Make a document using notepad (or other text editor on your computer) that looks like this....



> <html> <head> <meta ----------="refresh" content="0; url="http://augmoontea.blogspot.com/";"> <script type="text/javascript" language="JavaScript"><!-- window.location="http://augmoontea.blogspot.com/"; //--></script> </head> <body> </body></html>


Name this document index.html (or htm, whichever you prefer) and replace your current index file at godaddy with it (using your "file upload" or some such feature that is available to upload files to your website) You will OVERWRITE the current index file. Anyone who types in www.augmoontea.com will be immediately redirected to your blogspot.

Raven


----------



## alpha phi (Oct 16, 2007)

snoozy said:


> (I may have that backwards.) Okay, I started my teahouse and a friend said, "Don't you have a website??" So I quickly threw together a page at blogspot, which you get to by going to http://augmoontea.blogspot.com/  Now it says that you can use your domain name/address (not sure of the correct terminology) in some way so that people can just go to www.augmoontea.com and get to the blogspot page without having that ugly-tacky word "blogspot" in the address.
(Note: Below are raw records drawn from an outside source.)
//! Why a job stops before its text: a refusal, or want of memory.

use crate::refusals::Refusal;
use ar_base::{Count, Memory, RuleFault};
use ar_parser::ParseFault;
use job_inputs::{ListFault, ScriptFault, WantedFault};
use run_words::JobFault;
use tree_equations::EqFault;

/// A refusal, or want of memory.
#[derive(Drop)]
pub enum Stop {
    /// The job is refused.
    Refused(Refusal),
    /// Memory was refused.
    Memory,
}

impl From<JobFault> for Stop {
    ghost use Rattle.std.specs.Prelude.{◌≡◌};
    ghost use Rattle.job_stages.specs.Passing.{stop_of_words};

    ghost from_gives = { λ fault stop. stop ≡ stop_of_words fault };

    fn from(fault: JobFault) -> Self {
        match fault {
            JobFault::Usage => Stop::Refused(Refusal::Usage),
            JobFault::Memory => Stop::Memory,
        }
    }
}

impl From<ParseFault> for Stop {
    ghost use Rattle.std.specs.Prelude.{◌≡◌};
    ghost use Rattle.job_stages.specs.Passing.{stop_of_parse};

    ghost from_gives = { λ fault stop. stop ≡ stop_of_parse fault };

    fn from(fault: ParseFault) -> Self {
        match fault {
            ParseFault::Lex(at) | ParseFault::Syntax(at) => Stop::Refused(Refusal::Syntax(at)),
            ParseFault::Depth(_) => Stop::Refused(Refusal::Size(Count::Nesting)),
            ParseFault::Memory => Stop::Memory,
        }
    }
}

impl From<RuleFault> for Stop {
    ghost use Rattle.std.specs.Prelude.{◌≡◌};
    ghost use Rattle.job_stages.specs.Passing.{stop_of_rules};

    ghost from_gives = { λ fault stop. stop ≡ stop_of_rules fault };

    fn from(fault: RuleFault) -> Self {
        match fault {
            RuleFault::Rule(rule, at) => Stop::Refused(Refusal::Rule(rule, at)),
            RuleFault::Limit(count) => Stop::Refused(Refusal::Size(count)),
            RuleFault::Memory => Stop::Memory,
        }
    }
}

impl From<ScriptFault> for Stop {
    ghost use Rattle.std.specs.Prelude.{◌≡◌};
    ghost use Rattle.job_stages.specs.Passing.{stop_of_script};

    ghost from_gives = { λ fault stop. stop ≡ stop_of_script fault };

    fn from(fault: ScriptFault) -> Self {
        match fault {
            ScriptFault::Line(line) => Stop::Refused(Refusal::NoCommand(line)),
            ScriptFault::Which(line) => Stop::Refused(Refusal::NeedsWay(line)),
            ScriptFault::Unknown(line) => Stop::Refused(Refusal::NoEvent(line)),
            ScriptFault::Memory => Stop::Memory,
        }
    }
}

impl From<ListFault> for Stop {
    ghost use Rattle.std.specs.Prelude.{◌≡◌};
    ghost use Rattle.job_stages.specs.Passing.{stop_of_list};

    ghost from_gives = { λ fault stop. stop ≡ stop_of_list fault };

    fn from(fault: ListFault) -> Self {
        match fault {
            ListFault::NoEvent => Stop::Refused(Refusal::NoDropped),
            ListFault::Memory => Stop::Memory,
        }
    }
}

impl From<WantedFault> for Stop {
    ghost use Rattle.std.specs.Prelude.{◌≡◌};
    ghost use Rattle.job_stages.specs.Passing.{stop_of_wanted};

    ghost from_gives = { λ fault stop. stop ≡ stop_of_wanted fault };

    fn from(fault: WantedFault) -> Self {
        match fault {
            WantedFault::NoObserver => Stop::Refused(Refusal::NoObserver),
            WantedFault::NoValue => Stop::Refused(Refusal::NoValue),
            WantedFault::Memory => Stop::Memory,
        }
    }
}

impl From<EqFault> for Stop {
    ghost use Rattle.std.specs.Prelude.{◌≡◌};
    ghost use Rattle.job_stages.specs.Passing.{stop_of_table};

    ghost from_gives = { λ fault stop. stop ≡ stop_of_table fault };

    fn from(fault: EqFault) -> Self {
        match fault {
            EqFault::Gates => Stop::Refused(Refusal::Size(Count::Gates)),
            EqFault::Memory => Stop::Memory,
        }
    }
}

impl From<Memory> for Stop {
    ghost use Rattle.std.specs.Prelude.{◌≡◌};
    ghost use Rattle.job_stages.specs.declared.stops.Stop.TheVariants as stop;

    ghost from_gives = { λ _ s. s ≡ stop.Memory };

    fn from(_memory: Memory) -> Self {
        Stop::Memory
    }
}
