//! The texts of a job: those of its files, or the model that its command makes.

ghost use Rattle.std.specs.Prelude.{◌≡◌, ◌≤◌, ℕ, true, false, List, [], ◌∷◌, Option};
ghost use Rattle.ar_io.specs.Outside.{Rose};
ghost use Rattle.run_words.specs.Jobs.{IsAsked};
ghost use Rattle.job_stages.specs.Files.{File, files_of, files_where, script_files};
ghost use Rattle.job_stages.specs.Jobs.{makes_model};
ghost use Rattle.job_stages.specs.Loading.{AnswersFile, AnswersFiles, AnswersTexts, texts_of, texts_where, script_texts};
ghost use Rattle.job_stages.specs.Loading.{AnswersLoads, seen, one_text};
ghost use Rattle.job_stages.specs.Logs.{Came, Grew};

use crate::jobs::makes_model;
use crate::refusals::{FileKind, Refusal};
use crate::stops::Stop;
use ar_base::{Count, Text};
use ar_io::{LoadFault, Shelf};
use run_words::laws::one_job;
use run_words::{Asked, make_text};
use std::alloc::Global;

/// The texts of a job.
#[derive(Drop)]
pub struct Texts {
    /// The model.
    pub model: Vec<u8>,
    /// The script, where the job has one.
    pub script: Option<Vec<u8>>,
}

/// The texts of a job: those of its files, the model first; the model of `make` is made, and then
/// nothing is loaded.
pub fn job_texts<H: Shelf>(alloc: Global, shelf: &mut H, asked: &Asked) -> Result<Texts, Stop>
    requires { (words : List (List ℕ)) × IsAsked words asked.now }
    ensures made { makes_model asked.now.job.command ≡ true → shelf.new ≡ shelf.old }
    ensures texts { AnswersTexts (H.holds shelf.old)
        (λ name. Rose (H.faults shelf.old name) (H.faults shelf.new name))
        asked.now result }
    ensures came { Grew (H.loads shelf.old) (H.loads shelf.new)
        (AnswersLoads (texts_of asked.now) (files_of asked.now) result) }
{
    // A made model is short.
    one_job();
    if makes_model(asked.job.command) {
        let model = make_text(alloc, asked.job.number)?;
        return Ok(Texts {
            model,
            script: None,
        });
    }
    load_all(alloc, shelf, asked)
}

// Loads the files of a job, the model first.
fn load_all<H: Shelf>(alloc: Global, shelf: &mut H, asked: &Asked) -> Result<Texts, Stop>
    ensures loaded { AnswersFiles (texts_where false) (H.holds shelf.old)
        (λ name. Rose (H.faults shelf.old name) (H.faults shelf.new name))
        (files_where false asked.now) result }
    ensures came { Grew (H.loads shelf.old) (H.loads shelf.new)
        (λ loads. Came (files_where false asked.now) loads (seen (texts_where false) result)) }
{
    let name = asked.job.model.as_str();
    let model = load(alloc, shelf, name, FileKind::Model, Count::ModelBytes)?;
    let script = load_script(alloc, shelf, &asked.job.script)?;
    Ok(Texts { model, script })
}

// Loads the script of this name, where there is one.
fn load_script<H: Shelf>(
    alloc: Global,
    shelf: &mut H,
    name: &Option<Text>,
) -> Result<Option<Vec<u8>>, Stop>
    ensures loaded { AnswersFiles script_texts (H.holds shelf.old)
        (λ name. Rose (H.faults shelf.old name) (H.faults shelf.new name))
        (script_files name.now) result }
    ensures came { Grew (H.loads shelf.old) (H.loads shelf.new)
        (λ loads. Came (script_files name.now) loads (seen script_texts result)) }
{
    match name {
        Some(name) => {
            let name = name.as_str();
            let bytes = load(alloc, shelf, name, FileKind::Script, Count::ScriptBytes)?;
            Ok(Some(bytes))
        }
        None => Ok(None),
    }
}

// Loads a file.
fn load<H: Shelf>(
    alloc: Global,
    shelf: &mut H,
    name: &str,
    kind: FileKind,
    count: Count,
) -> Result<Vec<u8>, Stop>
    ensures loaded { AnswersFile (H.holds shelf.old)
        (λ name. Rose (H.faults shelf.old name) (H.faults shelf.new name))
        (record { kind = kind; name = name.now; count = count }) result }
    ensures came { Grew (H.loads shelf.old) (H.loads shelf.new) (λ loads. Came
        (record { kind = kind; name = name.now; count = count } ∷ []) loads (seen one_text result)) }
    ensures keeps { (other : List ℕ) → H.holds shelf.new other ≡ H.holds shelf.old other }
    ensures rises { (other : List ℕ) → H.faults shelf.old other ≤ H.faults shelf.new other }
{
    match shelf.load(alloc, name, count.limit() as usize) {
        Ok(bytes) => Ok(bytes),
        Err(LoadFault::Failed) => Err(Stop::Refused(Refusal::NotRead(kind))),
        Err(LoadFault::TooLong) => Err(Stop::Refused(Refusal::Size(count))),
        Err(LoadFault::Memory) => Err(Stop::Memory),
    }
}
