//! The lines of a list of cuts, and what each says.

ghost use Rattle.std.specs.Prelude.{◌≡◌, ◌-◌, ◌≤◌, ◌++◌, ℕ, List, map, length, codes, MatchOption};
ghost use Rattle.std.specs.List.{list_all, suffix_len};
ghost use Rattle.ar_meaning.specs.Found.{IsAnswer};
ghost use Rattle.job_inputs.specs.CutLines.{IsPassed, trimmed, trimmed_line, texts_in, is_comma, is_label, is_of_label};
ghost use Rattle.job_inputs.specs.CutReads.{IsListLine};
ghost use Rattle.job_inputs.specs.Lines.{is_space_or_tab, pieces};

use crate::cutting::first_piece;
use crate::lines::{Line, blanks_len, is_space_or_tab, line_of, without_return};

/// What a line of a list says.
pub(crate) enum ListLine<'a> {
    /// Nothing.
    Passed,
    /// The labels between these commas.
    Labels(&'a [u8]),
    /// No cut.
    NoCut,
}

/// What a line of a list says.
pub(crate) fn list_line(line: &[u8]) -> ListLine<'_>
    ensures { IsListLine result line.now }
{
    if is_passed(line) {
        return ListLine::Passed;
    }
    match between_braces(trimmed_line(line)) {
        Some(inner) => if are_labels(inner) {
            ListLine::Labels(inner)
        } else {
            ListLine::NoCut
        },
        None => ListLine::NoCut,
    }
}

// Whether a line is skipped.
fn is_passed(line: &[u8]) -> bool
    ensures { IsAnswer result (IsPassed line.now) }
{
    match line_of(line) {
        Line::Skipped => true,
        _ => trimmed_line(line).starts_with(b"count"),
    }
}

// The line without a carriage return at its end, and without the spaces and tabs at both ends.
fn trimmed_line(line: &[u8]) -> &[u8]
    ensures { result.now ≡ trimmed_line line.now }
{
    trimmed(without_return(line))
}

/// The text without the spaces and tabs at both ends.
pub(crate) fn trimmed(text: &[u8]) -> &[u8]
    ensures { result.now ≡ trimmed text.now }
{
    let blanks = blanks_len(text);
    let rest = &text[blanks..];
    let len = words_len(rest);
    &rest[..len]
}

// How many bytes stand before the blanks at the end.
fn words_len(bytes: &[u8]) -> usize
    ensures value { result ≡ length bytes.now - suffix_len is_space_or_tab bytes.now }
    ensures within { result ≤ length bytes.now }
{
    let mut n = bytes.len();
    while n > 0 && is_space_or_tab(bytes[n - 1]) {
        n -= 1;
    }
    n
}

// What stands between the braces at both ends of a text.
fn between_braces(text: &[u8]) -> Option<&[u8]>
    ensures { MatchOption result
        ((inner : List ℕ) → text.now ≡ codes "{" ++ (inner ++ codes "}") → ⊥)
        (λ inner. text.now ≡ codes "{" ++ (inner.now ++ codes "}")) }
{
    let (first, rest) = text.split_first()?;
    let (last, inner) = rest.split_last()?;
    if *first == b'{' && *last == b'}' {
        Some(inner)
    } else {
        None
    }
}

// Whether nothing but blanks stands there, or labels with commas between them.
fn are_labels(inner: &[u8]) -> bool
    ensures { result ≡ list_all is_label (texts_in inner.now) }
{
    trimmed(inner).is_empty() || each_is_label(inner)
}

// Whether each text between commas is a label.
fn each_is_label(inner: &[u8]) -> bool
    ensures { result ≡ list_all is_label (map trimmed (pieces is_comma inner.now)) }
{
    let mut rest = Some(inner);
    while let Some(bytes) = rest {
        let (piece, after) = first_piece(bytes, b',');
        if !is_label(trimmed(piece)) {
            return false;
        }
        rest = after;
    }
    true
}

// Whether the text is a label: a run of bytes other than commas, braces, spaces and tabs.
fn is_label(text: &[u8]) -> bool
    ensures { result ≡ is_label text.now }
{
    for byte in text {
        if !is_of_label(*byte) {
            return false;
        }
    }
    !text.is_empty()
}

// Whether a byte may stand in a label.
fn is_of_label(byte: u8) -> bool
    ensures { result ≡ is_of_label byte }
{
    !(byte == b',' || byte == b'{' || byte == b'}' || is_space_or_tab(byte))
}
I have to do something at godaddy (where I have augmoontea.com registered), but I don't know what.
> 
> How do I do this?
> 
> (And you can see a picture of me if you keep scrolling down to the photo titled Proprietor... :baby04: )


When you log into your godaddy account
you will need to add domain forwarding
http://help.godaddy.com/article.php?isc=gooy2001a&app%5Fhdr=0&article%5Fid=339 


> Unparking (Activating) Your Domain Name
> Print This ArticleLast Updated: August 24, 2007 1:00 PM Once you determine which hosting provider you will use, you must change the name server information on your account to unpark, or activate your domain name.
> 
> To Unpark (Activate) Your Domain Name Using the New Domain Control Center
> ...


Your name server at blosgspot is ghs.google.com this will need to be set up at godaddy
http://help.blogger.com/bin/answer.py?answer=55373&topic=12451
that link will also tell you how to configure blogger to use the domain



EDIT:


RavensNest said:


> Make a document using notepad (or other text editor on your computer) that looks like this....
> 
> 
> 
> ...


This is just a redirect
once the browser is forwarded, they will still see the .blogspot address




EDIT AGAIN:

http://help.blogger.com/bin/answer.py?answer=58317#godaddy

Bloggers directions on how to use godaddy are easier to understand than godaddy's FAQ....lol


----------



## Stann (Jan 2, 2005)

Snoozy,
I suggest that you call Godaddy and explain to them what you want. The above posts are incorrect. Instead of providing my credentials, explanations, and instructions, just call Godaddy and let them do it. Tell them you now to want www.augmoontea.com to point to augmoontea.blogspot.com


----------



## alpha phi (Oct 16, 2007)

Stann said:


> Snoozy,
> I suggest that you call Godaddy and explain to them what you want. The above posts are incorrect. Instead of providing my credentials, explanations, and instructions, just call Godaddy and let them do it.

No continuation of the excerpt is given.